Brief: This exercise calls for every record to be set down again, exactly and in full.
- Opening Delimiter -
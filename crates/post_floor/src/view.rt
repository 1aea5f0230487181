//! What a seat knows, for contracts alone.
use path_algebra::PathAlgebra;
use shard_part::Part;
use std::collections::LinkedList;

/// A step on a word, for contracts alone.
pub struct WordStep {
    /// The word.
    pub word: u64,
    /// The number that the step found in the word, or stored there.
    pub number: u64,
}

/// What a seat knows, for contracts alone: no value of it is made, so its numbers have no range.
pub struct View<A: PathAlgebra> {
    /// Its part, as of the seat's last step.
    pub parts: LinkedList<Part<'static, A>>,
    /// The mailboxes that it is filling.
    pub fills: LinkedList<u64>,
    /// The mailboxes that it is reading.
    pub reads: LinkedList<u64>,
    /// For each shard, which of the four slots to it is filled next.
    pub next_fill: LinkedList<u64>,
    /// For each shard, which of the four slots from it is read next.
    pub next_read: LinkedList<u64>,
    /// Its steps on words, in order.
    pub steps: LinkedList<WordStep>,
    /// It has seen the done word at 1.
    pub seen: bool,
    /// How many messages its part sent, exactly.
    pub sent: u64,
    /// How many messages its part handled, exactly.
    pub delivered: u64,
    /// How many signals its part made, exactly.
    pub signalled: u64,
    /// How many signals its part handled, exactly.
    pub accepted: u64,
}
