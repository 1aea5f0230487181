//! What a floor is opened with: empty mailboxes, and a seat for each part.
ghost use Rattle.std.specs.Prelude.{◌≡◌, ◌<◌, ◌≤◌, [], map, IfOk};
ghost use Rattle.shard_part.specs.PartState.{PartData};
ghost use Rattle.post_floor.specs.Boxes.{box_count};
ghost use Rattle.post_floor.specs.Floor.{mailbox_capacity};
ghost use Rattle.post_floor.specs.Seats.{knows, lone};
ghost use Rattle.post_floor.specs.Data.{seat_of, first_parts, AreEmptySlots};

use crate::mailbox::{SLOTS, mailbox_count};
use crate::plays::Cut;
use crate::seat::Seat;
use crate::table::{Mailboxes, Pass};
use circular_buffer::HeapCircularBuffer;
use path_algebra::PathAlgebra;
use shard_part::{Batch, Part, Shard};
use std::alloc::{AllocError, Global};

/// How many items a mailbox may hold.
fn room_of<A: PathAlgebra>(
    first: &Part<'_, A>,
    parts: &[Part<'_, A>],
    shards: usize,
    k: usize,
) -> usize
    requires parts { parts.now ≡ first_parts A.meaning first.now.setup shards }
    requires shards { (first.now.setup.plan.shards ≡ shards) × (shards ≤ 64) }
    requires word { k < box_count shards }
    ensures { result ≡ mailbox_capacity first.now.setup k }
{
    let from = k / SLOTS / shards;
    let to = k / SLOTS % shards;
    if from == to {
        0
    } else {
        parts[from].capacity(Shard(to as u8))
    }
}

/// An empty batch for each mailbox.
pub(crate) fn batches<A: PathAlgebra>(
    alloc: Global,
    first: &Part<'_, A>,
    parts: &[Part<'_, A>],
    shards: usize,
) -> Result<Vec<Option<Batch<A::Value>>>, AllocError>
    requires parts { parts.now ≡ first_parts A.meaning first.now.setup shards }
    requires shards { (first.now.setup.plan.shards ≡ shards) × (shards ≤ 64) }
    ensures { IfOk result (λ v. AreEmptySlots first.now.setup shards v.items) }
{
    let mut slots = Vec::new(alloc);
    for k in 0..mailbox_count(shards) {
        let room = room_of(first, parts, shards, k);
        let Ok(batch) = Batch::empty(alloc, room) else {
            return Err(AllocError);
        };
        slots.push(Some(batch))?;
    }
    Ok(slots)
}

/// The seat of one part, with no claim: the first slot of each row comes next.
fn seat_one<A: PathAlgebra>(
    alloc: Global,
    pass: Pass<A>,
    shard: Shard,
    shards: usize,
) -> Result<Seat<A>, AllocError>
    requires shards { (shards ≤ 64) × (shard < shards) }
    requires part { (p : PartData A A.Value) × (pass.me ≡ lone shards p) × (p.shard ≡ shard) ×
        (p.setup.plan.shards ≡ shards) }
    ensures { IfOk result
        (λ s. s ≡ record { floor = pass.table_id; shard = shard; knows = pass.me.0 }) }
{
    let claims = HeapCircularBuffer::with_capacity(alloc, 8 * shards)?;
    let next_fill = Vec::from_elem(alloc, 0u8, shards)?;
    let next_read = Vec::from_elem(alloc, 0u8, shards)?;
    Ok(Seat {
        pass,
        own: shard,
        claims,
        next_fill,
        next_read,
    })
}

/// A seat for each part that the opening's pass knows, in order.
pub(crate) fn seat_all<A: PathAlgebra>(
    alloc: Global,
    table: &Mailboxes<A>,
    mut pass: Pass<A>,
    shards: usize,
) -> Result<Vec<Seat<A>>, AllocError>
    requires table { (pass.table_id ≡ table.now.table_id) × (0 < table.now.table_id.words) }
    requires shards { (table.now.key.plan.shards ≡ shards) × (shards ≤ 64) }
    requires parts { pass.me ≡ (knows shards (first_parts A.meaning table.now.key shards), []) }
    ensures { IfOk result
        (λ v. v.items ≡ map (seat_of table.now.table_id shards)
        (first_parts A.meaning table.now.key shards)) }
{
    let mut seats = Vec::new(alloc);
    for shard in 0..shards {
        let own = table.split_seat::<Cut>(&mut pass);
        let seat = seat_one(alloc, own, Shard(shard as u8), shards)?;
        seats.push(seat)?;
    }
    Ok(seats)
}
- Closing Delimiter -
Response to this task:
filename crates/post_floor/src/view.rt
repository 1aea5f0230487181
//! What a seat knows, for contracts alone.
use path_algebra::PathAlgebra;
use shard_part::Part;
use std::collections::LinkedList;

/// A step on a word, for contracts alone.
pub struct WordStep {
    /// The word.
    pub word: u64,
    /// The number that the step found in the word, or stored there.
    pub number: u64,
}

/// What a seat knows, for contracts alone: no value of it is made, so its numbers have no range.
pub struct View<A: PathAlgebra> {
    /// Its part, as of the seat's last step.
    pub parts: LinkedList<Part<'static, A>>,
    /// The mailboxes that it is filling.
    pub fills: LinkedList<u64>,
    /// The mailboxes that it is reading.
    pub reads: LinkedList<u64>,
    /// For each shard, which of the four slots to it is filled next.
    pub next_fill: LinkedList<u64>,
    /// For each shard, which of the four slots from it is read next.
    pub next_read: LinkedList<u64>,
    /// Its steps on words, in order.
    pub steps: LinkedList<WordStep>,
    /// It has seen the done word at 1.
    pub seen: bool,
    /// How many messages its part sent, exactly.
    pub sent: u64,
    /// How many messages its part handled, exactly.
    pub delivered: u64,
    /// How many signals its part made, exactly.
    pub signalled: u64,
    /// How many signals its part handled, exactly.
    pub accepted: u64,
}
repository 1aea5f0230487181
//! What a floor is opened with: empty mailboxes, and a seat for each part.
ghost use Rattle.std.specs.Prelude.{◌≡◌, ◌<◌, ◌≤◌, [], map, IfOk};
ghost use Rattle.shard_part.specs.PartState.{PartData};
ghost use Rattle.post_floor.specs.Boxes.{box_count};
ghost use Rattle.post_floor.specs.Floor.{mailbox_capacity};
ghost use Rattle.post_floor.specs.Seats.{knows, lone};
ghost use Rattle.post_floor.specs.Data.{seat_of, first_parts, AreEmptySlots};

use crate::mailbox::{SLOTS, mailbox_count};
use crate::plays::Cut;
use crate::seat::Seat;
use crate::table::{Mailboxes, Pass};
use circular_buffer::HeapCircularBuffer;
use path_algebra::PathAlgebra;
use shard_part::{Batch, Part, Shard};
use std::alloc::{AllocError, Global};

/// How many items a mailbox may hold.
fn room_of<A: PathAlgebra>(
    first: &Part<'_, A>,
    parts: &[Part<'_, A>],
    shards: usize,
    k: usize,
) -> usize
    requires parts { parts.now ≡ first_parts A.meaning first.now.setup shards }
    requires shards { (first.now.setup.plan.shards ≡ shards) × (shards ≤ 64) }
    requires word { k < box_count shards }
    ensures { result ≡ mailbox_capacity first.now.setup k }
{
    let from = k / SLOTS / shards;
    let to = k / SLOTS % shards;
    if from == to {
        0
    } else {
        parts[from].capacity(Shard(to as u8))
    }
}

/// An empty batch for each mailbox.
pub(crate) fn batches<A: PathAlgebra>(
    alloc: Global,
    first: &Part<'_, A>,
    parts: &[Part<'_, A>],
    shards: usize,
) -> Result<Vec<Option<Batch<A::Value>>>, AllocError>
    requires parts { parts.now ≡ first_parts A.meaning first.now.setup shards }
    requires shards { (first.now.setup.plan.shards ≡ shards) × (shards ≤ 64) }
    ensures { IfOk result (λ v. AreEmptySlots first.now.setup shards v.items) }
{
    let mut slots = Vec::new(alloc);
    for k in 0..mailbox_count(shards) {
        let room = room_of(first, parts, shards, k);
        let Ok(batch) = Batch::empty(alloc, room) else {
            return Err(AllocError);
        };
        slots.push(Some(batch))?;
    }
    Ok(slots)
}

/// The seat of one part, with no claim: the first slot of each row comes next.
fn seat_one<A: PathAlgebra>(
    alloc: Global,
    pass: Pass<A>,
    shard: Shard,
    shards: usize,
) -> Result<Seat<A>, AllocError>
    requires shards { (shards ≤ 64) × (shard < shards) }
    requires part { (p : PartData A A.Value) × (pass.me ≡ lone shards p) × (p.shard ≡ shard) ×
        (p.setup.plan.shards ≡ shards) }
    ensures { IfOk result
        (λ s. s ≡ record { floor = pass.table_id; shard = shard; knows = pass.me.0 }) }
{
    let claims = HeapCircularBuffer::with_capacity(alloc, 8 * shards)?;
    let next_fill = Vec::from_elem(alloc, 0u8, shards)?;
    let next_read = Vec::from_elem(alloc, 0u8, shards)?;
    Ok(Seat {
        pass,
        own: shard,
        claims,
        next_fill,
        next_read,
    })
}

/// A seat for each part that the opening's pass knows, in order.
pub(crate) fn seat_all<A: PathAlgebra>(
    alloc: Global,
    table: &Mailboxes<A>,
    mut pass: Pass<A>,
    shards: usize,
) -> Result<Vec<Seat<A>>, AllocError>
    requires table { (pass.table_id ≡ table.now.table_id) × (0 < table.now.table_id.words) }
    requires shards { (table.now.key.plan.shards ≡ shards) × (shards ≤ 64) }
    requires parts { pass.me ≡ (knows shards (first_parts A.meaning table.now.key shards), []) }
    ensures { IfOk result
        (λ v. v.items ≡ map (seat_of table.now.table_id shards)
        (first_parts A.meaning table.now.key shards)) }
{
    let mut seats = Vec::new(alloc);
    for shard in 0..shards {
        let own = table.split_seat::<Cut>(&mut pass);
        let seat = seat_one(alloc, own, Shard(shard as u8), shards)?;
        seats.push(seat)?;
    }
    Ok(seats)
}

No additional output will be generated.